Canadian History For Dummies

Any place as eclectic and mixed up as Canada will never be able to settle on a single unified, national history that will please everyone, but make no mistake: There is a Canadian history that we need to know. From the reigning French and British kings and queens and 22 Canadian prime ministers to the 13 provinces and territories and the year they joined Canada, here are some of the key facts you should know about Canadian history.

Copyright © 2005 Will Ferguson All rights reserved.

A Timeline of Important Events in Canadian History

Canadian history is a lot of fun. There are heroes and villains, tragedies and triumphs, great battles and sudden betrayals, loyal refugees and long struggles for social justice. The interpretation of Canadian history may vary – radically, at times – but there are still core events from our past that every Canadian should know. Brush up on your Canadian history with the following timeline of important events.

30,000–10,000 BC Prehistoric hunters cross over into Canada from Asia
circa 1000 AD Leif Ericsson leads a Viking expedition to the New World
1451 The Iroquois Confederacy is formed
1497 John Cabot reaches Newfoundland (or perhaps Cape Breton)
1534 Jacques Cartier first explores the St. Lawrence region
1608 Samuel de Champlain establishes a French colony at Québec City
1670 Hudson’s Bay Company is formed
1755 Expulsion of the Acadians
1759 Battle of the Plains of Abraham: Québec City is captured
1763 New France is formally ceded to Britain; Pontiac Rebellion erupts
1783 Loyalist refugees begin arriving after the American Revolution
1812–14 War of 1812: U.S. invades Canada
1837–38 Rebellions against British rule in Upper and Lower Canada
1848 Responsible government is won, first in Nova Scotia, then in Canada
1867 Confederation (first four provinces: Québec, Ontario, N.S., and N.B.)
1870 Red River Resistance; province of Manitoba is created
1871, 1873 B.C. and P.E.I. join Canada
1885 North-West Rebellion; the Canadian Pacific Railway is completed
1905 The provinces of Alberta and Saskatchewan are created
1914–18 World War I
1916 Women win the vote in Manitoba, Saskatchewan, and Alberta
1919 The Winnipeg General Strike
1929–39 The Great Depression
1939–45 World War II
1949 Newfoundland joins Canada
1950–53 Korean War
1959 St.
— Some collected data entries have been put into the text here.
//! The walks of a queue that a search comes to later, in no order.

ghost use Rattle.std.specs.Prelude.{◌≡◌, ◌<◌, ◌≤◌, ℕ, ◌∷◌, length, IfOk, OnOk, OnErr, IsPermutation};
ghost use Rattle.dimacs_solve.specs.inside.Frontiers.{ArePiles, IsPlace, IsSplit, in_piles, walk_of, walks_in};

use crate::distance::SearchDistance;
use dimacs_lines::Memory;
use std::alloc::Global;
use std::cmp::Reverse;

/// Walks are few if they are less than one of so many.
const FEW: usize = 4;

/// A walk that the search found: its length, its end, and the node before the end.
#[derive(Clone, Copy, PartialEq, Eq, PartialOrd, Ord)]
pub(crate) struct Walk<D> {
    pub dist: D,
    pub node: u32,
    pub pred: u32,
}

/// Walks no longer than `ceiling`.
#[derive(Drop)]
pub(crate) struct Pile<D> {
    pub ceiling: D,
    pub walks: Vec<Reverse<Walk<D>>>,
}

/// Puts a walk into the first pile that reaches as far. If none does, raises the last one.
#[inline(never)]
pub(crate) fn put_aside<D: SearchDistance>(
    alloc: Global,
    piles: &mut Vec<Pile<D>>,
    walk: Walk<D>,
) -> Result<(), Memory>
    ensures piles { (bound : ℕ) → bound < D.value walk.dist → ArePiles D.value bound piles.old.items → ArePiles D.value bound piles.new.items }
    ensures put { OnOk result (IsPermutation (walk_of D.value walk ∷ in_piles D.value piles.old.items) (in_piles D.value piles.new.items)) }
{
    if piles.is_empty() {
        let mut walks = Vec::new(alloc);
        walks.push(Reverse(walk))?;
        piles.push(Pile {
            ceiling: walk.dist,
            walks,
        })?;
        return Ok(());
    }
    let at = place(piles, walk.dist);
    put(&mut piles[at], walk)
}

fn put<D: SearchDistance>(pile: &mut Pile<D>, walk: Walk<D>) -> Result<(), Memory>
    ensures rises { D.value pile.old.ceiling ≤ D.value pile.new.ceiling }
    ensures reaches { OnOk result (D.value walk.dist ≤ D.value pile.new.ceiling) }
    ensures kept { D.value walk.dist ≤ D.value pile.old.ceiling → pile.new.ceiling ≡ pile.old.ceiling }
    ensures put { OnOk result (IsPermutation (walk_of D.value walk ∷ walks_in D.value pile.old.walks.items) (walks_in D.value pile.new.walks.items)) }
    ensures unchanged { OnErr result (pile.new.walks.items ≡ pile.old.walks.items) }
{
    pile.walks.push(Reverse(walk))?;
    if pile.ceiling < walk.dist {
        pile.ceiling = walk.dist;
    }
    Ok(())
}

/// The first pile that reaches as far, or else the last.
fn place<D: SearchDistance>(piles: &[Pile<D>], dist: D) -> usize
    requires { 0 < length piles.now }
    ensures { IsPlace D.value (D.value dist) piles.now result }
{
    let mut at = piles.len() - 1;
    while at > 0 && dist <= piles[at - 1].ceiling {
        at -= 1;
    }
    at
}

/// The walks up to a length, and the longer ones.
pub(crate) fn split<D: SearchDistance>(
    alloc: Global,
    walks: &[Reverse<Walk<D>>],
    middle: D,
) -> Result<(Vec<Reverse<Walk<D>>>, Vec<Reverse<Walk<D>>>), Memory>
    ensures { IfOk result (λ parts. IsSplit D.value (D.value middle) walks.now parts.0.items parts.1.items) }
{
    let near = count_within(walks, middle).min(walks.len());
    let mut closer = Vec::with_capacity(alloc, near)?;
    let mut farther = Vec::with_capacity(alloc, walks.len() - near)?;
    for walk in walks {
        if middle < walk.0.dist {
            farther.push(*walk)?;
        } else {
            closer.push(*walk)?;
        }
    }
    Ok((closer, farther))
}

/// The middle of the range of the lengths in a heap; its end if only few walks come before the middle. Without this, one
/// near walk after another could have all others moved.
pub(crate) fn middle_of<D: SearchDistance>(heap: &[Reverse<Walk<D>>]) -> D {
    let Some(nearest) = heap.first() else {
        return D::zero();
    };
    let mut farthest = nearest;
    for walk in heap {
        if farthest.0.dist < walk.0.dist {
            farthest = walk;
        }
    }
    let middle = nearest.0.dist.middle(farthest.0.dist);
    if count_within(heap, middle) < heap.len() / FEW {
        farthest.0.dist
    } else {
        middle
    }
}

/// How many walks are no longer than this.
fn count_within<D: SearchDistance>(heap: &[Reverse<Walk<D>>], bound: D) -> usize {
    let mut count = 0usize;
    for walk in heap {
        if walk.0.dist <= bound {
            count = count.saturating_add(1);
        }
    }
    count
}
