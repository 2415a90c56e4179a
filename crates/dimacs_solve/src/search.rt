//! Dijkstra's search from one source.

ghost use Rattle.std.specs.Prelude.{◌≡◌, ◌<◌, ◌≤◌, ◌+◌, ◌*◌, ◌^◌, [], IfOk, OnOk};
ghost use Rattle.dimacs_lines.specs.Limits.{IsNode};
ghost use Rattle.dimacs_solve.specs.{inside.Adjacency.{AreByNode}, inside.Frontiers.{walk_of}};
ghost use Rattle.dimacs_solve.specs.inside.NodeStates.{known};
ghost use Rattle.dimacs_solve.specs.inside.Search.{IsPopped, IsReady, IsPathSearch, IsPathTree, Offers, Relaxes, work};

use crate::adjacency::Adjacency;
use crate::distance::SearchDistance;
use crate::frontier::Frontier;
use crate::node_states::NodeStates;
use crate::piles::Walk;
use dimacs_claims::{Block, Label};
use dimacs_lines::Memory;
use std::alloc::Global;

/// Labels all nodes that can be reached from a source, in the order in which they are settled. Takes time and memory
/// for what it reaches.
pub(crate) fn search<D: SearchDistance>(
    alloc: Global,
    adjacency: &Adjacency,
    source: u32,
    node_states: &mut NodeStates<D>,
    frontier: &mut Frontier<D>,
) -> Result<Block, Memory>
    requires adjacent { AreByNode adjacency.now }
    requires bounded { adjacency.now.nodes * adjacency.now.greatest < D.limit }
    requires source { IsNode adjacency.now.nodes source }
    requires rounds { node_states.old.round + 1 < 2 ^ 32 }
    requires empty { frontier.old ≡ [] }
    ensures tree { IfOk result (IsPathTree adjacency.now source) }
    ensures round { OnOk result (node_states.new.round ≡ node_states.old.round + 1) }
    ensures empty { OnOk result (frontier.new ≡ []) }
{
    node_states.next_round();
    let mut block = Block::new(alloc, source);
    node_states.settle(source, D::zero())?;
    relax(adjacency, source, D::zero(), node_states, frontier)?;
    while let Some(walk) = frontier.pop() {
        visit(adjacency, walk, node_states, frontier, &mut block)?;
    }
    Ok(block)
}

/// Settles the node of the nearest walk, unless it is settled already, and relaxes its arcs.
fn visit<D: SearchDistance>(
    adjacency: &Adjacency,
    walk: Walk<D>,
    node_states: &mut NodeStates<D>,
    frontier: &mut Frontier<D>,
    block: &mut Block,
) -> Result<(), Memory>
    requires bounded { adjacency.now.nodes * adjacency.now.greatest < D.limit }
    requires popped { IsPopped adjacency.now block.old (known D.value node_states.old) (walk_of D.value walk) frontier.old }
    ensures search { OnOk result (IsPathSearch adjacency.now block.new (known D.value node_states.new) frontier.new) }
    ensures less { OnOk result (work adjacency.now (known D.value node_states.new) frontier.new
        ≤ work adjacency.now (known D.value node_states.old) frontier.old) }
    ensures source { OnOk result (block.new.source ≡ block.old.source) }
    ensures round { OnOk result (node_states.new.round ≡ node_states.old.round) }
{
    if node_states.is_settled(walk.node) {
        return Ok(());
    }
    block.add(Label {
        dist: walk.dist.to_i128(),
        id: walk.node,
        pred: walk.pred,
    })?;
    node_states.settle(walk.node, walk.dist)?;
    relax(adjacency, walk.node, walk.dist, node_states, frontier)?;
    Ok(())
}

fn relax<D: SearchDistance>(
    adjacency: &Adjacency,
    node: u32,
    dist: D,
    node_states: &mut NodeStates<D>,
    frontier: &mut Frontier<D>,
) -> Result<(), Memory>
    requires bounded { adjacency.now.nodes * adjacency.now.greatest < D.limit }
    requires ready { IsReady adjacency.now node (D.value dist) (known D.value node_states.old) frontier.old }
    ensures relaxes { OnOk result (Relaxes adjacency.now node (D.value dist) (known D.value node_states.old) frontier.old
        (known D.value node_states.new) frontier.new) }
    ensures round { OnOk result (node_states.new.round ≡ node_states.old.round) }
{
    let out_arcs = adjacency.leaving(node);
    for out_arc in out_arcs {
        let walk = Walk {
            dist: dist.plus(out_arc.weight()),
            node: out_arc.head(),
            pred: node,
        };
        offer(walk, node_states, frontier)?;
    }
    Ok(())
}

/// Queues a walk that is shorter than those found to its node before.
#[inline(always)]
fn offer<D: SearchDistance>(
    walk: Walk<D>,
    node_states: &mut NodeStates<D>,
    frontier: &mut Frontier<D>,
) -> Result<(), Memory>
    ensures offers { OnOk result (Offers (walk_of D.value walk) (known D.value node_states.old) frontier.old (known D.value node_states.new) frontier.new) }
    ensures round { OnOk result (node_states.new.round ≡ node_states.old.round) }
{
    if node_states.is_within(walk.node, walk.dist) {
        return Ok(());
    }
    node_states.reach(walk.node, walk.dist)?;
    frontier.push(walk)
}
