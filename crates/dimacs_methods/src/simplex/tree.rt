//! The spanning tree.

use crate::number::Number;
use crate::tables::{count_of, member};
use dimacs_lines::Memory;
use std::alloc::Global;

/// Stands for an artificial arc.
pub(crate) const ARTIFICIAL: u32 = u32::MAX;

/// A node of the tree, with its parent arc.
#[derive(Clone, Copy)]
pub(crate) struct TreeNode<V> {
    /// The residual capacities to the parent and from it.
    pub up: V,
    pub down: V,
    pub parent: u32,
    /// The arc to the parent or from it.
    pub arc: u32,
    /// The node before this one in preorder.
    pub before: u32,
}

/// A node's successor in preorder, and its depth: what changes in each node of a moved subtree, beside its potential.
#[derive(Clone, Copy)]
pub(crate) struct Thread {
    /// The node after this one in preorder; the root after the last.
    pub after: u32,
    pub depth: u32,
}

/// The arc that joins a subtree to a parent, and its residual capacities to the parent and from it.
#[derive(Drop)]
pub(crate) struct Hook<V> {
    pub parent: u32,
    pub arc: u32,
    pub up: V,
    pub down: V,
}

/// A tree over all nodes and a root, which has the last number, depth 0 and potential 0, and is its own parent.
#[derive(Drop)]
pub(crate) struct Tree<V: Number> {
    pub nodes: Vec<TreeNode<V>>,
    pub threads: Vec<Thread>,
    pub potentials: Vec<V>,
    /// The first number of each node.
    pub names: Vec<u32>,
}

impl<V: Number> Tree<V> {
    /// Each node is a child of the root, by an artificial arc that takes its excess at no cost, or fills its deficit at
    /// `price`. The arc of other nodes leads to the root: flow can go there from everywhere.
    pub(crate) fn star(alloc: Global, excess: &[i128], price: V) -> Result<Tree<V>, Memory> {
        let root = count_of(excess);
        let size = excess.len().saturating_add(1);
        let mut tree = Tree {
            nodes: Vec::with_capacity(alloc, size)?,
            threads: Vec::with_capacity(alloc, size)?,
            potentials: Vec::with_capacity(alloc, size)?,
            names: (0..root).collect(alloc)?,
        };
        for amount in excess {
            tree.add_leaf(V::of_wide(*amount), price)?;
        }
        tree.nodes.push(TreeNode {
            up: V::of(0),
            down: V::of(0),
            parent: root,
            arc: ARTIFICIAL,
            before: root.saturating_sub(1),
        })?;
        tree.threads.push(Thread { after: 0, depth: 0 })?;
        tree.potentials.push(V::of(0))?;
        Ok(tree)
    }

    fn add_leaf(&mut self, excess: V, price: V) -> Result<(), Memory> {
        let root = self.root();
        let number = count_of(&self.nodes);
        let has_deficit = excess.is_negative();
        let flow = if has_deficit {
            excess.negated()
        } else {
            excess
        };
        let residual_capacity = V::greatest().minus(flow);
        self.nodes.push(TreeNode {
            up: if has_deficit { flow } else { residual_capacity },
            down: if has_deficit { residual_capacity } else { flow },
            parent: root,
            arc: ARTIFICIAL,
            before: number.checked_sub(1).unwrap_or(root),
        })?;
        self.threads.push(Thread {
            after: number.wrapping_add(1),
            depth: 1,
        })?;
        self.potentials
            .push(if has_deficit { price } else { V::of(0) })?;
        Ok(())
    }

    pub(crate) fn root(&self) -> u32 {
        count_of(&self.names)
    }

    #[inline(always)]
    pub(crate) fn node(&self, node: u32) -> TreeNode<V> {
        let past = TreeNode {
            up: V::of(0),
            down: V::of(0),
            parent: ARTIFICIAL,
            arc: ARTIFICIAL,
            before: 0,
        };
        member(&self.nodes, node, past)
    }

    #[inline(always)]
    pub(crate) fn thread(&self, node: u32) -> Thread {
        member(&self.threads, node, Thread { after: 0, depth: 0 })
    }

    /// Moves an amount up along the tree arcs between a node and one above it.
    pub(crate) fn move_up(&mut self, from: u32, to: u32, amount: V) {
        let mut at = from;
        for _ in 0..self.nodes.len() {
            if at == to {
                return;
            }
            let Some(node) = self.nodes.get_mut(at as usize) else {
                return;
            };
            node.up = node.up.minus(amount);
            node.down = node.down.plus(amount);
            at = node.parent;
        }
    }

    /// Cuts off the subtree of `out`, makes `top` its root, joins it by the hook, and raises its potentials. Returns
    /// how many nodes moved.
    ///
    /// The stem is the path from `top` to `out`. Each of its nodes keeps its other subtrees, and its old parent becomes
    /// its child.
    pub(crate) fn rehang(&mut self, top: u32, out: u32, hook: Hook<V>, raise: V) -> u64 {
        let mut hook = hook;
        let mut stem = top;
        let mut last = hook.parent;
        let mut depth = self.thread(hook.parent).depth;
        let mut moved: u64 = 0;
        for _ in 0..self.nodes.len() {
            depth = depth.wrapping_add(1);
            let old = self.node(stem);
            let part = self.move_part(stem, last, depth, raise);
            last = part.last;
            moved = moved.wrapping_add(part.count);
            self.hang(stem, &hook);
            if stem == out {
                break;
            }
            hook = Hook {
                parent: stem,
                arc: old.arc,
                up: old.down,
                down: old.up,
            };
            stem = old.parent;
        }
        moved
    }

    fn hang(&mut self, node: u32, hook: &Hook<V>) {
        if let Some(node) = self.nodes.get_mut(node as usize) {
            node.parent = hook.parent;
            node.arc = hook.arc;
            node.up = hook.up;
            node.down = hook.down;
        }
    }

    /// Moves the rest of the subtree of `top` after the node `to` in preorder.
    fn move_part(&mut self, top: u32, to: u32, depth: u32, raise: V) -> Segment {
        let old = self.thread(top).depth;
        let part = self.shift_part(top, old, depth.wrapping_sub(old), raise);
        self.link(self.node(top).before, part.after);
        let after = self.thread(to).after;
        self.link(to, top);
        self.link(part.last, after);
        part
    }

    /// Raises the potentials and depths of the nodes from `top` on, until one comes that isn't deeper than `top` was.
    fn shift_part(&mut self, top: u32, old: u32, deeper: u32, raise: V) -> Segment {
        let mut part = Segment {
            last: top,
            after: top,
            count: 0,
        };
        for _ in 0..self.threads.len() {
            let at = part.after as usize;
            let Some(thread) = self.threads.get_mut(at) else {
                break;
            };
            if thread.depth <= old && part.count > 0 {
                break;
            }
            thread.depth = thread.depth.wrapping_add(deeper);
            part.last = part.after;
            part.after = thread.after;
            part.count = part.count.wrapping_add(1);
            if let Some(potential) = self.potentials.get_mut(at) {
                *potential = potential.plus(raise);
            }
        }
        part
    }

    #[inline(always)]
    fn link(&mut self, before: u32, after: u32) {
        if let Some(thread) = self.threads.get_mut(before as usize) {
            thread.after = after;
        }
        if let Some(node) = self.nodes.get_mut(after as usize) {
            node.before = before;
        }
    }
}

/// Nodes that follow each other in preorder.
#[derive(Clone, Copy)]
struct Segment {
    last: u32,
    /// The node after the last one.
    after: u32,
    count: u64,
}
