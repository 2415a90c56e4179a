//! Maximum flow by successive improvements.

ghost use Rattle.std.specs.Prelude.{IfOk};
ghost use Rattle.dimacs_solve.specs.Climbing.{Climbs};

use crate::answer::MaxFlowAnswer;
use crate::improve::raise;
use dimacs_claims::Cut;
use dimacs_decide::{MaxDecision, decide_max, shows_maximum};
use dimacs_instance::MaxInstance;
use dimacs_judging::Flow;
use dimacs_lines::Memory;
use dimacs_network::Network;
use std::alloc::Global;

/// Starts at the zero flow, and goes to flows of greater value until one is maximum. At most `limit` flows are tested:
/// first by the last cut that a heuristic made. If that isn't tight, the heuristic looks for a greater value. If it finds
/// none, `decide_max` decides.
pub fn solve_max_flow<N: Network>(
    alloc: Global,
    instance: &MaxInstance<N>,
    limit: u64,
) -> Result<MaxFlowAnswer, Memory>
    ensures { IfOk result (Climbs instance.now limit) }
{
    let network = instance.network();
    let mut flow = Flow::zero(alloc, network.arcs())?;
    let mut cut = Cut::new(alloc, network.nodes());
    for _turn in 0..limit {
        if shows_maximum(instance, &flow, &cut) {
            return Ok(MaxFlowAnswer::Optimal(flow, cut));
        }
        if let Some(raised) = raise(alloc, instance, &flow) {
            flow = raised.flow;
            cut = raised.cut;
        } else {
            match decide_max(alloc, instance, &flow)? {
                MaxDecision::Optimal(cut) => return Ok(MaxFlowAnswer::Optimal(flow, cut)),
                MaxDecision::Better(better) => flow = better,
            }
        }
    }
    Ok(MaxFlowAnswer::GaveUp)
}
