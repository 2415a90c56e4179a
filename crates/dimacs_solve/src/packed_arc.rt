//! An arc in 12 bytes.

ghost use Rattle.std.specs.Prelude.{◌≡◌};

use std::marker::Model;

/// How many values a half of a weight can have.
const HALVES: u64 = 1 << 32;

/// An arc of a known tail.
#[derive(Clone, Copy)]
pub(crate) struct WeightedArc {
    pub weight: u64,
    pub head: u32,
}

/// An arc in the list of its tail. Its weight lies in two halves, so that it takes 12 bytes and not 16.
#[derive(Drop)]
pub(crate) struct PackedArc {
    low: u32,
    high: u32,
    head: u32,
}

impl Model for PackedArc {
    ghost use Rattle.std.specs.Prelude.{◌+◌, ◌*◌, ◌^◌};
    ghost use Rattle.dimacs_solve.specs.declared.packed_arc.WeightedArc.{WeightedArc};

    ghost Value = { WeightedArc };

    ghost view = { λ a. record { weight = a.high * 2 ^ 32 + a.low; head = a.head } };
}

impl PackedArc {
    #[inline(always)]
    pub(crate) fn of(arc: WeightedArc) -> PackedArc
        ensures { result ≡ arc }
    {
        PackedArc {
            low: (arc.weight % HALVES) as u32,
            high: (arc.weight / HALVES) as u32,
            head: arc.head,
        }
    }

    #[inline(always)]
    pub(crate) fn weight(&self) -> u64
        ensures { result ≡ self.now.weight }
    {
        u64::from(self.high) * HALVES + u64::from(self.low)
    }

    #[inline(always)]
    pub(crate) fn head(&self) -> u32
        ensures { result ≡ self.now.head }
    {
        self.head
    }
}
Lawrence Seaway (major transportation route) officially opens
1960 Québec’s Quiet Revolution begins; Native Canadians given the vote
1967 Canada’s 100th birthday; Expo 67 World’s Fair in Montréal
1970 October Crisis: political kidnappings, Ottawa suspends civil rights
1980 Québec referendum on “sovereignty-association” defeated 60% to 40%
1982 Constitution comes home — with a Charter of Rights and Freedoms
1987–90 Meech Lake Accord is put forward — and collapses
1992 Charlottetown Accord is rejected by a national referendum
1995 Québec referendum on sovereignty is narrowly defeated
1999 The new Arctic territory of Nunavut is created
2000 Clarity Bill outlines the terms of Québec separation
2003 Canada says “no” to joining the war in Iraq
2005 Former PM Jean Chrétien and sitting PM Paul Martin testify at the Gomery Inquiry
2010 Canada sets record for gold medals at the Vancouver Winter Olympic Games

The Prime Ministers of Canada

Some of the most notable Canadian prime ministers were John A. Macdonald, Robert Borden, William Lyon Mackenzie King, Lester “Mike” Pearson, Pierre Trudeau, and Brian Mulroney. But there were many others. From John A to Stephen Harper, here’s a complete list of Canada’s 22 Prime Ministers and the political parties that they led.

1867–73,
1878–91 Sir John A Macdonald Conservative
1873–78 Alexander Mackenzie Liberal
1891–92 Sir John Abbott Conservative
1892–94 Sir John Thompson Conservative
1894–96 Sir Mackenzie Bowell Conservative
1896 Sir Charles Tupper Conservative
1896–1911 Sir Wilfrid Laurier Liberal
1911–20 Sir Robert Borden Conservative/Union
1920–21, 1926 Arthur Meighen Conservative
1921–26,
1926–30,
1935–48
William Lyon Mackenzie King Liberal
1930–35 R.B. (Richard Bedford) Bennett Conservative
1948–57 Louis St. Laurent Liberal
1957–63 John Diefenbaker Conservative
1963–68 Lester “Mike” Pearson Liberal
1968–79,
1980–84
Pierre Trudeau Liberal
1979–80 Joe Clark Conservative
1984 John Turner Liberal
1984–93 Brian Mulroney Conservative
1993 Kim Campbell Conservative
1993–2003 Jean Chrétien Liberal
2003–2006 Paul Martin Liberal
2006-present Stephen Harper Conservative

Kings and Queens and When They Ruled over Canada

The following list shows the reigning kings and queens of what ultimately would become Canada, before and after the conquest of New France in 1763.

French (1534–1763) British (1763–present)
Francis I (1515–47) George III (1760–1820)
Henry II (1547–59) George IV (1820–30)
Francis II (1559–60) William IV (1830–37)
Charles IX (1560–74) Victoria (1837–1901)
Henry III (1574–89) Edward VII (1901–10)
Henry IV (1589–1610) George V (1910–36)
Louis XIII (1610–43) Edward VIII (1936)
Louis XIV (1643–1715) George VI (1936–52)
Louis XV (1715–74) Elizabeth II (1952–present)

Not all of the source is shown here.